Common ground at Cassino

Monte Cassino, Italy, 1944: A hungry Maori soldier out stealing food bumps into a frightened Italian deserter in a stable.

Initially wary of each other, the pair soon find common ground as they take cover from the marauding German soldiers outside.

"As they talk, they learn they have a lot in common," Strange Resting Places creative producer James Ashcroft said.

"Both Maori and Italian men love family, food, wine, women and song."

The play is set in the barren landscape of Monte Cassino as it is being pounded by artillery and the story unfolds in Maori, Italian and English.

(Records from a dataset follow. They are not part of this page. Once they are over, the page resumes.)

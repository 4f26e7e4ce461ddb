//! Bytes that many values share.
ghost use Rattle.std.specs.Prelude.{◌≡◌, ℕ, ◌+◌, ◌-◌, ◌<◌, ◌≤◌, ◌==◌, ◌↔◌, List, [], ◌∷◌, ◌++◌, length, drop, IfOk, IsErrOf, OnOk, OnErr};
ghost use Rattle.board_store.specs.Reading.{ReadsInto};

use board_names::StaticStorageReadError;
use std::alloc::{AllocError, Global};
use std::marker::Model;
use std::sync::Arc;

/// Bytes that many values share. Clauses see them as a list.
#[derive(Drop)]
pub struct Content {
    bytes: Arc<Vec<u8>, Global>,
}

impl Model for Content {
    ghost use Rattle.std.specs.Prelude.{ℕ, List};

    ghost Value = { List ℕ };

    ghost view = { λ c. c.bytes.value.items };
}

impl Content {
    /// A copy of these bytes.
    ///
    /// # Errors
    /// `AllocError` where memory is refused.
    pub fn of(alloc: Global, contents: &[u8]) -> Result<Content, AllocError>
        ensures { IfOk result (λ c. c ≡ contents.now) }
    {
        let bytes = Vec::from_slice(alloc, contents)?;
        let bytes = Arc::new(alloc, bytes)?;
        Ok(Content { bytes })
    }

    /// One more owner of the same bytes.
    ///
    /// # Errors
    /// `AllocError` where memory is refused.
    pub fn share(&self) -> Result<Content, AllocError>
        ensures { IfOk result (λ c. c ≡ self.now) }
    {
        let bytes = Arc::try_clone(&self.bytes)?;
        Ok(Content { bytes })
    }

    /// The bytes.
    pub fn as_bytes(&self) -> &[u8]
        ensures { result.now ≡ self.now }
    {
        self.bytes.as_slice()
    }

    /// How many bytes there are.
    pub fn len(&self) -> u64
        ensures { result ≡ length self.now }
    {
        self.as_bytes().len() as u64
    }

    /// Whether there is no byte.
    pub fn is_empty(&self) -> bool
        ensures { result ≡ (length self.now == 0) }
    {
        self.as_bytes().is_empty()
    }

    /// Fills the front of `buffer` with the bytes. The rest of it stays.
    ///
    /// # Errors
    /// `BufferTooSmall` where the buffer is shorter. It stays as it was.
    pub fn read(&self, buffer: &mut [u8]) -> Result<(), StaticStorageReadError>
        ensures { ReadsInto self.now buffer.old buffer.new result }
    {
        let bytes = self.as_bytes();
        if buffer.len() < bytes.len() {
            return Err(StaticStorageReadError::BufferTooSmall);
        }
        buffer[..bytes.len()].copy_from_slice(bytes);
        Ok(())
    }
}
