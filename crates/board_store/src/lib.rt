//! Static storage: bytes that are written once under a name.
//!
//! `Statics` is the table of storages, each locked or with its bytes, seen as pairs of name and storage (`specs/Statics`);
//! `specs/Storage` says what a builder and what it makes are seen as, and what their calls answer.
//!
//! A typed call takes its registry's lock and calls its lent form, whose name ends in `_in` and whose contract says the
//! answers.
#![tactic(auto)]

mod builder;
mod content;
mod locked;
pub mod static_storage;
mod statics;
mod storage;

pub use board_names::{
    Configuration, FileName, FilePath, NameTable, NamedConcept, NamedConceptBuilder,
    NamedConceptConfiguration, NamedConceptMgmt, Path, RegistryError, StaticStorageCreateError,
    StaticStorageOpenError, StaticStorageReadError, StaticStorageUnlockError, Table, list_names,
};
pub use builder::Builder;
pub use content::Content;
pub use locked::Locked;
pub use static_storage::{
    StaticStorage, StaticStorageBuilder, StaticStorageContent, StaticStorageLocked,
};
pub use statics::{StaticRegistry, Statics, Stored};
pub use storage::Storage;
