//! Static storages by full names.
ghost use Rattle.std.specs.Prelude.{◌≡◌, ◌≢◌, ℕ, ◌+◌, ◌-◌, ◌<◌, ◌≤◌, ◌==◌, ◌↔◌, List, [], ◌∷◌, ◌++◌, length, Some, None, true, is_some, IfOk, IsErrOf, OnOk, OnErr, IsTrue, IsSome, IfSome, option_map};
ghost use Rattle.board_layout.specs.Answer.{Answers, Refuses};
ghost use Rattle.board_names.specs.Table.{at, putting, without, name_at};
ghost use Rattle.board_store.specs.Statics.{bytes_of, locked_of, with_bytes, create_answer, whole_answer, open_answer, unlock_answer};
ghost use Rattle.board_store.specs.Storage.{exists_answer};

use crate::content::Content;
use board_names::{
    FilePath, NameTable, NamedConceptDoesExistError, Registry, StaticStorageCreateError,
    StaticStorageOpenError, StaticStorageUnlockError, Table,
};
use std::alloc::{AllocError, Global};
use std::marker::Model;

/// What stands under a name: a storage that is still to be filled, or one with its bytes.
#[derive(Drop)]
pub enum Stored {
    /// The name is held, and the bytes are still to come.
    Locked,
    /// The bytes, which stay.
    Final(Content),
}

/// Static storages by full names. Clauses see the pairs of name and storage, in the order of the names.
///
/// The names ascend and differ, as in each `NameTable`: `name_count` says it.
#[derive(Drop)]
pub struct Statics {
    names: Table<Stored>,
    alloc: Global,
}

impl Model for Statics {
    ghost use Rattle.std.specs.Prelude.{ℕ, List};
    ghost use Rattle.board_store.specs.declared.statics.Stored.{Stored};

    ghost Value = { List (List ℕ × Stored) };

    ghost view = { λ s. s.names.entries };
}

impl Statics {
    /// Takes a name for a storage that is still to be filled.
    ///
    /// # Errors
    /// `AlreadyExists` where the name is held; `OutOfMemory`. The storages stay as they were.
    pub fn create_locked(&mut self, name: &FilePath) -> Result<(), StaticStorageCreateError>
        ensures answer { let held = at self.old name.now in
            Answers result StaticStorageCreateError.OutOfMemory (create_answer held) }
        ensures refused { Refuses result (create_answer (at self.old name.now)) }
        ensures ok { OnOk result (self.new ≡ putting self.old name.now Stored.Locked) }
        ensures err { OnErr result (self.new ≡ self.old) }
    {
        if self.names.contains_key(name) {
            return Err(StaticStorageCreateError::AlreadyExists);
        }
        match self.names.insert(name, Stored::Locked) {
            Ok(_) => Ok(()),
            Err(_) => Err(StaticStorageCreateError::OutOfMemory),
        }
    }

    /// Takes a name for a storage with these bytes, and hands them back, shared.
    ///
    /// # Errors
    /// `AlreadyExists` where the name is held; `OutOfMemory`. The storages stay as they were.
    pub fn create(
        &mut self,
        name: &FilePath,
        contents: &[u8],
    ) -> Result<Content, StaticStorageCreateError>
        ensures value { IfOk result (λ content. content ≡ contents.now) }
        ensures answer { let whole = whole_answer contents.now (at self.old name.now) in
            Answers result StaticStorageCreateError.OutOfMemory whole }
        ensures refused { Refuses result (whole_answer contents.now (at self.old name.now)) }
        ensures ok { OnOk result (self.new ≡ with_bytes self.old name.now contents.now) }
        ensures err { OnErr result (self.new ≡ self.old) }
    {
        if self.names.contains_key(name) {
            return Err(StaticStorageCreateError::AlreadyExists);
        }
        let Ok(content) = Content::of(self.alloc, contents) else {
            return Err(StaticStorageCreateError::OutOfMemory);
        };
        let Ok(shared) = content.share() else {
            return Err(StaticStorageCreateError::OutOfMemory);
        };
        match self.names.insert(name, Stored::Final(content)) {
            Ok(_) => Ok(shared),
            Err(_) => Err(StaticStorageCreateError::OutOfMemory),
        }
    }

    /// Gives the storage of a locked name its bytes, and hands them back, shared.
    ///
    /// # Errors
    /// `InternalError` where the name isn't held locked; `OutOfMemory`. The storages stay as they were.
    pub fn unlock(
        &mut self,
        name: &FilePath,
        contents: &[u8],
    ) -> Result<Content, StaticStorageUnlockError>
        ensures value { IfOk result (λ content. content ≡ contents.now) }
        ensures answer { let locked = locked_of self.old name.now in
            Answers result StaticStorageUnlockError.OutOfMemory (unlock_answer contents.now locked) }
        ensures refused { let locked = locked_of self.old name.now in
            Refuses result (unlock_answer contents.now locked) }
        ensures ok { OnOk result (self.new ≡ with_bytes self.old name.now contents.now) }
        ensures err { OnErr result (self.new ≡ self.old) }
    {
        if self.is_locked(name) != Some(true) {
            return Err(StaticStorageUnlockError::InternalError);
        }
        match self.fill(name, contents) {
            Ok(content) => Ok(content),
            Err(_) => Err(StaticStorageUnlockError::OutOfMemory),
        }
    }

    /// Gives the storage of a name that is known to be locked its bytes, and hands them back, shared.
    pub(crate) fn fill(&mut self, name: &FilePath, contents: &[u8]) -> Result<Content, AllocError>
        requires { locked_of self.old name.now ≡ Some true }
        ensures value { IfOk result (λ content. content ≡ contents.now) }
        ensures ok { OnOk result (self.new ≡ with_bytes self.old name.now contents.now) }
        ensures err { OnErr result (self.new ≡ self.old) }
    {
        let content = Content::of(self.alloc, contents)?;
        let shared = content.share()?;
        // The name is held, so the table doesn't grow.
        let Ok(_) = self.names.insert(name, Stored::Final(content)) else {
            unreachable!()
        };
        Ok(shared)
    }

    /// The content of a name that isn't locked, shared.
    ///
    /// # Errors
    /// `DoesNotExist` where the name isn't held; `InitializationNotYetFinalized` where it is locked; `OutOfMemory`.
    pub fn try_open(&self, name: &FilePath) -> Result<Content, StaticStorageOpenError>
        ensures answer { let held = at self.now name.now in
            Answers result StaticStorageOpenError.OutOfMemory (open_answer held) }
        ensures refused { Refuses result (open_answer (at self.now name.now)) }
    {
        match self.names.get(name) {
            None => Err(StaticStorageOpenError::DoesNotExist),
            Some(Stored::Locked) => Err(StaticStorageOpenError::InitializationNotYetFinalized),
            Some(Stored::Final(content)) => match content.share() {
                Ok(shared) => Ok(shared),
                Err(_) => Err(StaticStorageOpenError::OutOfMemory),
            },
        }
    }

    /// The bytes of a name that isn't locked.
    pub fn bytes_of(&self, name: &FilePath) -> Option<&[u8]>
        ensures { option_map (λ b. b.now) result ≡ bytes_of self.now name.now }
    {
        match self.names.get(name) {
            Some(Stored::Final(content)) => Some(content.as_bytes()),
            _ => None,
        }
    }

    /// Whether a name is locked, where it is held.
    pub fn is_locked(&self, name: &FilePath) -> Option<bool>
        ensures { result ≡ locked_of self.now name.now }
    {
        match self.names.get(name) {
            None => None,
            Some(Stored::Locked) => Some(true),
            Some(Stored::Final(_)) => Some(false),
        }
    }
}

impl NameTable for Statics {
    type Value = Stored;

    ghost entries = { λ s. s };

    ghost existence = { exists_answer };

    fn new(alloc: Global) -> Statics {
        Statics {
            names: Table::new(alloc),
            alloc,
        }
    }

    fn table(&self) -> &Table<Stored> {
        &self.names
    }

    fn does_exist(&self, name: &FilePath) -> Result<bool, NamedConceptDoesExistError> {
        match self.is_locked(name) {
            None => Ok(false),
            Some(false) => Ok(true),
            Some(true) => Err(NamedConceptDoesExistError::UnderlyingResourcesBeingSetUp),
        }
    }

    fn remove(&mut self, name: &FilePath) -> bool {
        self.names.remove(name).is_some()
    }
}

/// Static storages that many values share, behind a lock.
pub type StaticRegistry = Registry<Statics>;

"It's not traditional theatre. It's performed to engage the imagination through comedy, song and music."

Strange Resting Places was written by long-time friends Paolo Rotondo and Rob Mokaraka, of Auckland.

"Paolo is Italian and Rob's Maori and they decided to trace their family histories and write something about their friendship. They pitched the idea to Taki Rua Productions and we funded them to go to Italy to research it.

"While they were there, they talked to people from Monte Cassino and came back with a plethora of different stories," Ashcroft said.

However, the actors soon discovered that not everyone had fond memories of the New Zealanders in Italy.

"Rob met one elderly man who was very garrulous. But he became cold when he discovered Rob was Maori. This man had had strong feelings about Maori behaving in ways that were not according to the Geneva Convention.

"He had terrible images of the Maori Battalion. It showed the high level of propaganda in Germany at the time," Ashcroft said.

"We've had war veterans come to see the play and stay for hours afterwards talking. A 92-year-old man came up after it premiered at Bats [theatre, Wellington] and talked for an hour with myself and the boys about Monte Cassino.

"He was really moved by it."

The play won the 2007 Chapman Tripp theatre award for best writers, and features actors Rob Mokaraka, Maaka Pohatu and Barnie Duncan.

Strange Resting Places plays for the final time at 8 tonight at the Otago Settlers Museum.